The battle over a Consumer Financial Protection Agency
The CFPA: How a crusade to protect consumers lost its steam
Sunday, January 31, 2010
At a time when the country is deeply divided over the proper role of government, what is Capitol Hill's appetite for a new, independent agency with broad power to police the financial industry and protect consumers from the risky lending practices that contributed so much to the financial crash of 2008?
Not as hearty as the Obama administration had hoped last year when it turned a Harvard Law professor's crusade for a Consumer Financial Protection Agency into a major element of its regulatory reform initiative. After months of tinkering, the House last month finally endorsed the creation of a CFPA, but the Senate Banking Committee hasn't found this particular ingredient to its liking.
Particularly worrisome for the White House: The disagreements over the proposed agency go beyond mere partisanship, echoing the enduring national debate over whether government intervention is more a solution or a problem. That debate has sharpened since the Democrats lost a Senate seat in Massachusetts last week, a result that suggested voter frustration with Obama's government-oriented approach.
Yet, in the wake of that defeat, Obama proposed new and stiffer controls on the size of big banks, a new complication that is likely to slow progress on the rest of the regulatory reform package.
The origin of the CFPA proposal may help explain why it has become so controversial. The idea for a new agency with broad powers to police the marketplace for borrowing -- mortgages, credit cards, payday loans and other forms of consumer credit -- came from a 2007 article that Harvard Law professor Elizabeth Warren wrote for Democracy, a liberal policy journal with a circulation of 5,000.

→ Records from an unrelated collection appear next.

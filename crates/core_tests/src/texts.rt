//! The texts of systems.

/// A process counts once.
pub const COUNTER: &[u8] = b"process a var k : 0..1 begin k = 0 -> k := 1 end";

/// Guards and bodies read inputs.
pub const INPUTS: &[u8] = b"process a inp low : -2..5; go : boolean var k : -2..5 = 0 \
begin go -> k := low end \
process b inp high : 7..9 var h : 7..9 = 8 begin h = 8 -> h := high end";

/// An input is sent from a to b.
pub const HELLO: &[u8] = b"message hello begin n : 8 bits end \
process a inp number : 0..255 var said : boolean begin said = false -> said := true; send hello(number) to b end \
process b var heard : 0..255 begin rcv hello from a -> heard := hello.n end";

/// Two actions are enabled at once.
pub const EITHER: &[u8] = b"process a var x : 0..2 begin 1 = 1 -> x := 1 [] 1 = 1 -> x := 2 end";

/// A datagram goes from a to b.
pub const PING: &[u8] = b"message ping begin n : 8 bits end \
process a var k : 0..1 begin k = 0 -> k := 1; send ping(k) to b end \
process b var seen : 0..255 begin rcv ping from a -> seen := ping.n end";

/// 258, 197121 and 283686952306183 are 01 02, 03 02 01 and 01 02 03 04 05 06 07 in bytes.
pub const WIDE: &[u8] = b"message wide begin x : 16 bits; y : 24 bits; z : 56 bits end \
process a var k : 0..1 begin k = 0 -> k := 1; send wide(258, 197121, 283686952306183) to b end \
process b var v : 0..65535; w : 0..16777215 begin rcv wide from a -> v := wide.x; w := wide.y end";

/// Two messages of different lengths from one peer.
pub const APART: &[u8] = b"message p begin x : 8 bits end message q begin y : 16 bits end \
process a var k : 0..1 begin k = 0 -> k := 1; send p(1) to b; send q(2) to b end \
process b var s : 0..65535 begin rcv p from a -> s := p.x [] rcv q from a -> s := q.y end";

/// A number is handed on from a to b, and from b to c.
pub const CHAIN: &[u8] = b"message hand begin n : 8 bits end \
process a var k : 0..9 begin k = 0 -> k := 7; send hand(k) to b end \
process b var seen : 0..255 begin rcv hand from a -> seen := hand.n; send hand(hand.n) to c end \
process c var got : 0..255 begin rcv hand from b -> got := hand.n end";

/// A token goes to and fro, with a number of who had it last; who has it works first.
pub const TOKEN: &[u8] = b"message token begin number : 8 bits end \
process left const none = -1; mine = 7 var has : boolean = 1; works : boolean = 1; seen : none..255 = none \
begin (works) -> works := false [] has = true -> has := false; send token(mine) to right \
[] rcv token from right -> has := true; works := true; seen := token.number end \
process right const none = -1; mine = 12 var has : boolean; works : boolean = 0; seen : none..255 = none \
begin works -> works := false [] (has) = true -> has := false; send token((mine)) to left \
[] rcv token from left -> has := true; works := true; seen := token.number end";

/// Three sends, of which a cut may take back some.
pub const CUT: &[u8] = b"message m begin f : 8 bits end
process a var n : 0..1
begin n = 0 -> n := 1; send m(1) to b; send m(2) to c; send m(3) to b end
process b begin rcv m from a -> skip end
process c begin rcv m from a -> skip end
";

/// Three actions are enabled at once.
pub const TRI: &[u8] = b"process a var x : 0..2
begin true -> x := 0 [] true -> x := 1 [] true -> x := 2 end
";

/// A bit and a number travel, and are sent again until they are acknowledged.
pub const ALTERNATING_BIT: &[u8] =
    b"message data begin kind : 8 bits = 1; seq : 1 bits; body : 16 bits end
message ack begin kind : 8 bits = 2; seq : 1 bits end
process a
inp last : 0..1000
var seq : 0..1; body : 0..65535 = 7; busy : boolean; done : 0..1000
timer again
begin
  not busy and done < last ->
    send data(seq, body) to b; busy := true; start again after 200
[] rcv ack from b ->
    if busy and ack.seq = seq ->
      seq := 1 - seq; body := (body + 1) mod 65536; busy := false;
      stop again; done := min(done + 1, 1000)
    fi
[] timeout again ->
    send data(seq, body) to b; start again after 200
end
process b
var want : 0..1; got : 0..65535; count : 0..1000
begin
  rcv data from a ->
    if data.seq = want ->
      got := data.body; want := 1 - want; count := min(count + 1, 1000)
    fi;
    send ack(data.seq) to a
end
";

/// A process chooses a digit.
pub const DIGIT: &[u8] = b"process a var x : 0..9 begin true -> choose x end";

/// It chooses one of three values.
pub const THREE: &[u8] = b"process a var x : 0..2 begin true -> choose x end";

/// It chooses one of ten values from -5 on.
pub const BELOW: &[u8] = b"process a var x : -5..4 begin true -> choose x end";

/// It chooses one of 2^32 values.
pub const WORD: &[u8] = b"process a var x : 0..4294967295 begin true -> choose x end";

/// It chooses one of one value, and then a digit.
pub const ONE: &[u8] = b"process a var y : 3..3; x : 0..9 begin true -> choose y; choose x end";

/// Two processes choose digits.
pub const PAIR: &[u8] = b"process a var x : 0..9 begin true -> choose x end \
process b var x : 0..9 begin true -> choose x end";

/// A die is thrown four times, and what is thrown is counted as high or low, where it may be both.
pub const THROWS: &[u8] = b"message throw begin pips : 8 bits end \
process a var die : 1..6; left : 0..4 = 4 \
begin left > 0 -> choose die; left := max(left - 1, 0); send throw(die) to b end \
process b var high : 0..9; low : 0..9 \
begin rcv throw from a -> if throw.pips > 2 -> high := min(high + 1, 9) \
[] throw.pips < 6 -> low := min(low + 1, 9) fi end";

In June, the Obama administration adopted her concept for its package of regulatory reforms. Senate Banking Committee Chairman Christopher J. Dodd (D-Conn.) was an early supporter. He called consumer protection "our first priority" and urged approval of "an independent consumer protection agency whose sole focus is the financial well-being of consumers."
But Sen. Richard C. Shelby (R-Ala.), the banking committee's ranking Republican, said he wouldn't support the creation of an independent agency, calling it "a folly and dangerous" and an expression of the paternalism he thinks government should avoid. Yet Shelby, who likes to call himself "something of a populist," also said he favored new consumer protections. "Consumers are not likely to participate in our markets . . . unless they know they are protected against fraud and unfair dealings," he said last summer.
Ultimately, agreement between Dodd and Shelby is the only obvious route to a bipartisan deal. In recent days, according to Senate sources, they have been discussing alternatives to an independent agency as part of an overall compromise.
Dodd, according to the sources, is willing to consider a consumer protection office under a presidential appointee within an existing agency. He also wants consumer protection to have a dedicated source of funding to better insulate it from budget pressures, with regulators empowered to write and enforce new rules on non-bank institutions such as mortgage brokers.
An advocate and her crusade
Compromise wasn't part of Warren's agenda when she floated the CFPA idea in 2007, more than a year before the crash. At the time, she was a crusading outsider with an outside-the-box idea who then found important Democratic allies in the White House and Congress. Since November, she has headed the congressional oversight panel established to monitor the federal bailout of the U.S. banking industry. Senate Majority Leader Harry M. Reid (D-Nev.) named her to that job.
She unabashedly favors a restructuring of the relationship between lenders and borrowers. Why not be as tough on financial products as the government is on dangerous consumer goods? she asked.
"It is impossible to buy a toaster that has a one-in-five chance of bursting into flames and burning down your house," she wrote in Democracy. "But it is possible to refinance an existing home with a mortgage that has the same one-in-five chance of putting the family out on the street -- and the mortgage won't even carry a disclosure of that fact to the homeowner."